Three rules for small businesses managing cashflow.
For small companies, the most crucial yet demanding task is financial management of the business. You may be focusing on maximising the revenue, which is great, but you also need to collect the revenue to keep the business running.
Hence, following are the top three ways you can monitor the liquidity of your company easily:
Up-to-date and Accurate Accounting and Reporting:
You must invoice your customer and report the journal entry in your books of accounts as soon as possible. To ensure that all your revenue is collected, you need to know exactly how much revenue is owed to you.
Hence, if you’re not a pro at accounting, you can always hire accounting experts. They will provide you with the best accounting software like Xero, through which they will maintain your books on a regular basis, generate analysis reports and forecasts, and help you track the key financial ratios. This will help improve your receivables turnover, and hence, the cash flow of the company.

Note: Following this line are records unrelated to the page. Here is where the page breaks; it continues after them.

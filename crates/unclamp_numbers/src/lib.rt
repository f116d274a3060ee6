// The numbers of a curve's right end when it is unclamped ("Ends that are not clamped"), on one axis: what stands above and below the line of each of the last
// m - 1 points afterwards. For a curve that has passed the check with a clamped right end.
#![tactic(auto)]

ghost use Rattle.std.specs.Prelude.{◌≡◌, ◌+◌, ◌-◌, ◌≤◌, ◌<◌, ◌^◌, pos, nat_abs, ◌-ℤ◌, ◌*ℤ◌, length, get_or};
ghost use Rattle.curve.specs.Lists.{NeverFall};
ghost use Rattle.clamping.specs.EndRows.{finish_of};
ghost use Rattle.unclamping.specs.Unclamping.{open_number};
ghost use Rattle.unclamp_numbers.specs.Standing.{Ending};

// One axis of a curve that has passed the check and whose right end is clamped.
#[derive(Clone, Copy)]
pub struct RightEnd<'a> {
    pub degree: usize,
    pub knots: &'a [u16],
    pub points: &'a [i32],
    pub ghost ending: { Ending degree knots.now points.now },
}

// The width of span i.
pub fn span_width(knots: &[u16], i: usize) -> u16
    requires never_fall { NeverFall knots.now }
    requires i_in_bounds { i + 1 < length knots.now }
    ensures answer { result ≡ get_or knots.now (i + 1) 0 - get_or knots.now i 0 }
{
    knots[i + 1] - knots[i]
}

// The width of the last two spans.
fn two_spans(end: RightEnd<'_>) -> u16
    ensures answer { result ≡ get_or end.entry.knots.now (length end.entry.points.now) 0
        - get_or end.entry.knots.now (length end.entry.points.now - 2) 0 }
{
    let count = end.points.len();
    span_width(end.knots, count - 2) + span_width(end.knots, count - 1)
}

// Above the line of the last point but one, of degree 3: at most 2^48 either way.
fn second_above(two: u16, last: u16, p: i32, q: i32) -> i64
    requires { two + last < 2 ^ 16 }
    ensures answer { result ≡ pos (two + last) *ℤ p -ℤ pos last *ℤ q }
    ensures size { nat_abs result ≤ 2 ^ 48 }
{
    signed::product(two + last, p) - signed::product(last, q)
}

// Above the line of the last point, of degree 3.
fn first_above(two: u16, p: i32, q: i32, second: i64) -> i64
    requires { nat_abs second ≤ 2 ^ 48 }
    ensures answer { result ≡ pos two *ℤ (pos 6 *ℤ p -ℤ pos 3 *ℤ q) -ℤ pos 2 *ℤ second }
{
    i64::from(two) * (signed::product(6, p) - signed::product(3, q)) - 2 * second
}

// The last point afterwards, of degree 2.
fn twice_less(p: i32, q: i32) -> i64
    ensures answer { result ≡ pos 2 *ℤ p -ℤ q }
{
    signed::product(2, p) - i64::from(q)
}

// Above the line of the last two points, of degree 3.
fn above_of_three(end: RightEnd<'_>, k: usize) -> i64
    requires degree { end.degree ≡ 3 }
    requires k_bound { k + 1 < 3 }
    ensures answer { result ≡ (open_number (finish_of end.entry.knots.now end.entry.points.now) 3 k).upper }
{
    let ps = end.points;
    let count = ps.len();
    let two = two_spans(end);
    let p = ps[count - 2];
    let second = second_above(two, span_width(end.knots, count - 1), p, ps[count - 3]);
    if k == 1 {
        return second;
    }
    first_above(two, ps[count - 1], p, second)
}

// Above the line of the k-th point from the end.
pub fn above(end: RightEnd<'_>, k: usize) -> i64
    requires { k + 1 < end.degree }
    ensures answer { result ≡ (open_number (finish_of end.entry.knots.now end.entry.points.now) end.entry.degree k).upper }
{
    if end.degree == 2 {
        let ps = end.points;
        return twice_less(ps[ps.len() - 1], ps[ps.len() - 2]);
    }
    above_of_three(end, k)
}

// Below it.
pub fn below(end: RightEnd<'_>, k: usize) -> u16
    requires { k + 1 < end.degree }
    ensures answer { result ≡ (open_number (finish_of end.entry.knots.now end.entry.points.now) end.entry.degree k).lower }
    ensures some { 0 < result }
{
    if end.degree == 2 {
        return 1;
    }
    two_spans(end)
}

Learn To Deal With Customers:
Customer is king but when it comes to collecting the accounts receivable, you need to be strategic. Keep close tabs on the credit worthiness of all your clients to prevent bad debt expenses. In case of a high receivables turnover, you can introduce offers like a cash discount on early payments to tempt customers to pay on time.
A cash reserve can go a long way in helping you meet unexpected expenses. To avoid sudden liquidity problems, or to be able to take advantage of unexpected discounts and offers, set aside some money as cash reserve. It will also give you the confidence to take business risks that you usually wouldn’t, which may even turn out to be beneficial for your company.
Since cash is the driving source that allows small entities to keep up with the day-to-day expenses, and access to other means of credit is improbable, it is essential for you to be tactful towards financial management of your company to achieve business growth.